Skip to content
Snippets Groups Projects
  • Hugh Dickins's avatar
    f8f931bb
    mm/thp: fix deferred split unqueue naming and locking · f8f931bb
    Hugh Dickins authored
    Recent changes are putting more pressure on THP deferred split queues:
    under load revealing long-standing races, causing list_del corruptions,
    "Bad page state"s and worse (I keep BUGs in both of those, so usually
    don't get to see how badly they end up without).  The relevant recent
    changes being 6.8's mTHP, 6.10's mTHP swapout, and 6.12's mTHP swapin,
    improved swap allocation, and underused THP splitting.
    
    Before fixing locking: rename misleading folio_undo_large_rmappable(),
    which does not undo large_rmappable, to folio_unqueue_deferred_split(),
    which is what it does.  But that and its out-of-line __callee are mm
    internals of very limited usability: add comment and WARN_ON_ONCEs to
    check usage; and return a bool to say if a deferred split was unqueued,
    which can then be used in WARN_ON_ONCEs around safety checks (sparing
    callers the arcane conditionals in __folio_unqueue_deferred_split()).
    
    Just omit the folio_unqueue_deferred_split() from free_unref_folios(), all
    of whose callers now call it beforehand (and if any forget then bad_page()
    will tell) - except for its caller put_pages_list(), which itself no
    longer has any callers (and will be deleted separately).
    
    Swapout: mem_cgroup_swapout() has been resetting folio->memcg_data 0
    without checking and unqueueing a THP folio from deferred split list;
    which is unfortunate, since the split_queue_lock depends on the memcg
    (when memcg is enabled); so swapout has been unqueueing such THPs later,
    when freeing the folio, using the pgdat's lock instead: potentially
    corrupting the memcg's list.  __remove_mapping() has frozen refcount to 0
    here, so no problem with calling folio_unqueue_deferred_split() before
    resetting memcg_data.
    
    That goes back to 5.4 commit 87eaceb3 ("mm: thp: make deferred split
    shrinker memcg aware"): which included a check on swapcache before adding
    to deferred queue, but no check on deferred queue before adding THP to
    swapcache.  That worked fine with the usual sequence of events in reclaim
    (though there were a couple of rare ways in which a THP on deferred queue
    could have been swapped out), but 6.12 commit dafff3f4 ("mm: split
    underused THPs") avoids splitting underused THPs in reclaim, which makes
    swapcache THPs on deferred queue commonplace.
    
    Keep the check on swapcache before adding to deferred queue?  Yes: it is
    no longer essential, but preserves the existing behaviour, and is likely
    to be a worthwhile optimization (vmstat showed much more traffic on the
    queue under swapping load if the check was removed); update its comment.
    
    Memcg-v1 move (deprecated): mem_cgroup_move_account() has been changing
    folio->memcg_data without checking and unqueueing a THP folio from the
    deferred list, sometimes corrupting "from" memcg's list, like swapout. 
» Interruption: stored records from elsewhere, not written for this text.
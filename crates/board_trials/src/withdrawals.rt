//! A published exchange that its pass withdraws by a step, and doesn't clear.
ghost use Rattle.pc_rule_law.specs.Conditions.{IsFree};
ghost use Rattle.pc_rule.specs.Passes.{view, IsPassOf, IsSamePass};
ghost use Rattle.pc_rule.specs.declared.opening.Place.{Place};
ghost use Rattle.pc_dcss.specs.Installs.{KnowsPlace};
ghost use Rattle.pc_kcas.specs.Exchanges.{IsUncleared, own_exchange};

use pc_model::Loose;
use pc_rule::{Board, Pass, step_14_own};
use pc_words::{Stage, Status, pack};

/// The pass withdraws its published exchange. Says whether that was undecided until then.
pub(crate) fn withdrawn(board: &Board<Loose>, pass: &mut Pass<Loose>) -> bool
    requires pass { IsPassOf board.now pass.old }
    requires published { IsUncleared pass.old }
    requires free { IsFree (view pass.old) }
    ensures same { IsSamePass pass.old pass.new }
    ensures free { IsFree (view pass.new) }
    ensures published { IsUncleared pass.new }
    ensures keeps { (x : Place) → KnowsPlace (view pass.old) (own_exchange pass.old) x → KnowsPlace (view pass.new) (own_exchange pass.new) x }
{
    let number = pass.attempts();
    let undecided = pack(Status {
        number,
        stage: Stage::Undecided,
    });
    let withdrawn = pack(Status {
        number,
        stage: Stage::Withdrawn,
    });
    step_14_own(board, pass, undecided, withdrawn) == undecided
}
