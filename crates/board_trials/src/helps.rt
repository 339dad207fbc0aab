//! Exchanges that other passes help, and such as stand in each other's way: worked rows, each compared with what was worked out by
//! hand.
ghost use Rattle.std.specs.Prelude.{◌≡◌, ◌≤◌, IfSome, [], length};
ghost use Rattle.pc_rule_law.specs.Conditions.{IsFree, CanWrite};
ghost use Rattle.pc_rule.specs.Passes.{whole, view, listed, board_size, IsPassOf, IsSeatedAs, IsSamePass};
ghost use Rattle.pc_rule.specs.Shares.{AreAll, NoneTried};
ghost use Rattle.pc_rule.specs.declared.refs.RefKind.TheVariants.{Exchange};
ghost use Rattle.pc_dcss.specs.Installs.{KnowsPlace};
ghost use Rattle.pc_dcss.specs.declared.installed.Installed.TheVariants.{Met};
ghost use Rattle.pc_kcas.specs.Exchanges.{IsPublished, own_exchange};
ghost use Rattle.pc_kcas.specs.Readings.{HasComeTo};

use crate::exchanges::{exchange_of, installed, published, published_from, value, version};
use pc_dcss::{Installed, install};
use pc_kcas::{Helped, Verdict, finish, help, install_first};
use pc_model::{Field, Loose, Memory};
use pc_rule::{Board, Pass, Place, Ref, RefKind, Share, close_board, open_board, usual_starts};

/// The exchange whose reference the answer names, if it names one.
fn exchange_in(answer: Installed) -> Option<Ref>
    ensures { IfSome result (λ r. (answer ≡ Met r) × (r.kind ≡ Exchange)) }
{
    match answer {
        Installed::Met(met) => match met.kind {
            RefKind::Exchange => Some(met),
            RefKind::Install => None,
        },
        _ => None,
    }
}

/// The exchange that the pass meets as it installs this word of its own one, if it meets one.
fn met_exchange(board: &Board<Loose>, pass: &mut Pass<Loose>, place: Place) -> Option<Ref>
    requires pass { IsPassOf board.now pass.old }
    requires free { IsFree (view pass.old) }
    requires published { IsPublished pass.old }
    requires known { KnowsPlace (view pass.old) (own_exchange pass.old) place }
    ensures same { IsSamePass pass.old pass.new }
    ensures free { IsFree (view pass.new) }
    ensures published { IsPublished pass.new }
    ensures exchange { IfSome result (λ r. r.kind ≡ Exchange) }
    ensures come { IfSome result (HasComeTo (whole pass.new)) }
{
    let op = exchange_of(board, pass);
    let answer = install(board, pass, op, place);
    exchange_in(answer)
}

/// Both passes publish the version and a value of the sentinel. The first installs its version. The second meets that exchange and
/// helps it, and ends its own; last the first ends its own.
fn second_helps(
    board: &Board<Loose>,
    first: &mut Pass<Loose>,
    second: &mut Pass<Loose>,
) -> Option<(Helped, Verdict, Verdict)>
    requires passes { IsPassOf board.now first.old × IsPassOf board.now second.old }
    requires free { IsFree (view first.old) × IsFree (view second.old) }
    requires start { (board_size board.now).starts.version ≡ 0 }
    requires one { CanWrite (view first.old) × (listed first.old ≡ []) }
    requires two { CanWrite (view second.old) × (listed second.old ≡ []) }
    ensures same { IsSeatedAs first.old first.new × IsSeatedAs second.old second.new }
    ensures free { IsFree (view first.new) × IsFree (view second.new) }
{
    let Ok(()) = published(board, first, version(), value(50)) else {
        return None;
    };
    let both = version();
    let Ok(()) = published(board, second, both, value(60)) else {
        return None;
    };
    install_first(board, first, 1);
    let met = met_exchange(board, second, both)?;
    let helped = help(board, second, met);
    let then = finish(board, second);
    Some((helped, then, finish(board, first)))
}

/// The same by the first two of all passes of the board.
fn second_helps_by(
    board: &Board<Loose>,
    passes: &mut [Pass<Loose>],
) -> Option<(Helped, Verdict, Verdict)>
    requires all { AreAll board.now passes.old }
    requires two { 2 ≤ length passes.old }
    requires open { NoneTried passes.old }
    requires start { (board_size board.now).starts.version ≡ 0 }
    ensures { AreAll board.now passes.new }
{
    let (front, back) = passes.split_at_mut(1);
    second_helps(board, &mut front[0], &mut back[0])
}

#[test]
fn a_help_carries_out_an_exchange_that_was_met(rt: HostRuntime) -> Result<(), Memory> {
    let share = Share { slots: 1, calls: 0 };
    let (board, mut passes) = open_board(rt.alloc(), Loose, &[share, share], usual_starts())?;
    let answers = second_helps_by(&board, passes.as_mut_slice());
    let closed = close_board(board, passes);
    let left = (closed.cell(1, Field::Version), closed.cell(1, Field::Value));
    let wanted = (
        Helped::Decided,
        Verdict::Changed { node: 1 },
        Verdict::Won { stamp: 1 },
    );
    assert_eq!(rt; (answers, left), (Some(wanted), (2, 50)));
    Ok(())
}

/// Both passes publish the version and a value of the sentinel. The first installs its version, and the second meets that exchange.
/// The first ends it and publishes another of the same words. Then the second helps the exchange that it met, and ends its own.
fn second_helps_late(
    board: &Board<Loose>,
    first: &mut Pass<Loose>,
    second: &mut Pass<Loose>,
) -> Option<(u64, Helped, Verdict)>
    requires passes { IsPassOf board.now first.old × IsPassOf board.now second.old }
    requires free { IsFree (view first.old) × IsFree (view second.old) }
    requires start { (board_size board.now).starts.version ≡ 0 }
    requires one { CanWrite (view first.old) × (listed first.old ≡ []) }
    requires two { CanWrite (view second.old) × (listed second.old ≡ []) }
    ensures same { IsSeatedAs first.old first.new × IsSeatedAs second.old second.new }
    ensures free { IsFree (view first.new) × IsFree (view second.new) }
{
    let Ok(()) = published(board, first, version(), value(50)) else {
        return None;
    };
    let both = version();
    let Ok(()) = published(board, second, both, value(60)) else {
        return None;
    };
    install_first(board, first, 1);
    let met = met_exchange(board, second, both)?;
    let Verdict::Won { stamp } = finish(board, first) else {
        return None;
    };
    let one = Place {
        node: 1,
        field: Field::Version,
        old: 2,
        new: 4,
    };
    let two = Place {
        node: 1,
        field: Field::Value,
        old: 50,
        new: 70,
    };
    let Ok(()) = published_from(board, first, one, two) else {
        return None;
    };
    let helped = help(board, second, met);
    Some((stamp, helped, finish(board, second)))
}

/// The same by the first two of all passes of the board.
fn second_helps_late_by(
    board: &Board<Loose>,
    passes: &mut [Pass<Loose>],
) -> Option<(u64, Helped, Verdict)>
    requires all { AreAll board.now passes.old }
    requires two { 2 ≤ length passes.old }
    requires open { NoneTried passes.old }
    requires start { (board_size board.now).starts.version ≡ 0 }
    ensures { AreAll board.now passes.new }
{
    let (front, back) = passes.split_at_mut(1);
    second_helps_late(board, &mut front[0], &mut back[0])
}

#[test]
fn a_help_after_the_next_exchange_finds_its_own_gone(rt: HostRuntime) -> Result<(), Memory> {
    let share = Share { slots: 1, calls: 0 };
    let (board, mut passes) = open_board(rt.alloc(), Loose, &[share, share], usual_starts())?;
    let answers = second_helps_late_by(&board, passes.as_mut_slice());
    let closed = close_board(board, passes);
    let left = (closed.cell(1, Field::Version), closed.cell(1, Field::Value));
    let wanted = (1, Helped::Gone, Verdict::Changed { node: 1 });
    assert_eq!(rt; (answers, left), (Some(wanted), (2, 50)));
    Ok(())
}

/// Both passes publish the version and a value of the sentinel. The first installs its version, and the second its value. Then the
/// first ends its exchange, and then the second.
fn each_holds_one(
    board: &Board<Loose>,
    first: &mut Pass<Loose>,
    second: &mut Pass<Loose>,
) -> Option<([Installed; 2], [Verdict; 2])>
    requires passes { IsPassOf board.now first.old × IsPassOf board.now second.old }
    requires free { IsFree (view first.old) × IsFree (view second.old) }
    requires start { (board_size board.now).starts.version ≡ 0 }
    requires one { CanWrite (view first.old) × (listed first.old ≡ []) }
    requires two { CanWrite (view second.old) × (listed second.old ≡ []) }
    ensures same { IsSeatedAs first.old first.new × IsSeatedAs second.old second.new }
    ensures free { IsFree (view first.new) × IsFree (view second.new) }
{
    let low = version();
    let high = value(60);
    let Ok(()) = published(board, first, low, value(50)) else {
        return None;
    };
    let Ok(()) = published(board, second, version(), high) else {
        return None;
    };
    let one = installed(board, first, low);
    let two = installed(board, second, high);
    let blocked = finish(board, first);
    Some(([one, two], [blocked, finish(board, second)]))
}

/// The same by the first two of all passes of the board.
fn each_holds_one_by(
    board: &Board<Loose>,
    passes: &mut [Pass<Loose>],
) -> Option<([Installed; 2], [Verdict; 2])>
    requires all { AreAll board.now passes.old }
    requires two { 2 ≤ length passes.old }
    requires open { NoneTried passes.old }
    requires start { (board_size board.now).starts.version ≡ 0 }
    ensures { AreAll board.now passes.new }
{
    let (front, back) = passes.split_at_mut(1);
    each_holds_one(board, &mut front[0], &mut back[0])
}

#[test]
fn an_exchange_is_blocked_by_one_that_it_blocks(rt: HostRuntime) -> Result<(), Memory> {
    let share = Share { slots: 1, calls: 0 };
    let (board, mut passes) = open_board(rt.alloc(), Loose, &[share, share], usual_starts())?;
    let answers = each_holds_one_by(&board, passes.as_mut_slice());
    let closed = close_board(board, passes);
    let left = (closed.cell(1, Field::Version), closed.cell(1, Field::Value));
    let of_first = Ref {
        kind: RefKind::Exchange,
        seat: 0,
        number: 1,
    };
    let of_second = Ref {
        kind: RefKind::Exchange,
        seat: 1,
        number: 1,
    };
    let blocked = Verdict::Blocked {
        first: of_second,
        second: of_first,
    };
    let held = [Installed::Held, Installed::Held];
    let wanted = (held, [blocked, Verdict::Won { stamp: 1 }]);
    assert_eq!(rt; (answers, left), (Some(wanted), (2, 60)));
    Ok(())
}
    Refcount is non-zero here, so folio_unqueue_deferred_split() can only be
    used in a WARN_ON_ONCE to validate the fix, which must be done earlier:
    mem_cgroup_move_charge_pte_range() first try to split the THP (splitting
    of course unqueues), or skip it if that fails.  Not ideal, but moving
    charge has been requested, and khugepaged should repair the THP later:
    nobody wants new custom unqueueing code just for this deprecated case.
    
    The 87eaceb3 commit did have the code to move from one deferred list
    to another (but was not conscious of its unsafety while refcount non-0);
    but that was removed by 5.6 commit fac0516b ("mm: thp: don't need care
    deferred split queue in memcg charge move path"), which argued that the
    existence of a PMD mapping guarantees that the THP cannot be on a deferred
    list.  As above, false in rare cases, and now commonly false.
    
    Backport to 6.11 should be straightforward.  Earlier backports must take
    care that other _deferred_list fixes and dependencies are included.  There
    is not a strong case for backports, but they can fix cornercases.
    
    Link: https://lkml.kernel.org/r/8dc111ae-f6db-2da7-b25c-7a20b1effe3b@google.com
    
    
    Fixes: 87eaceb3 ("mm: thp: make deferred split shrinker memcg aware")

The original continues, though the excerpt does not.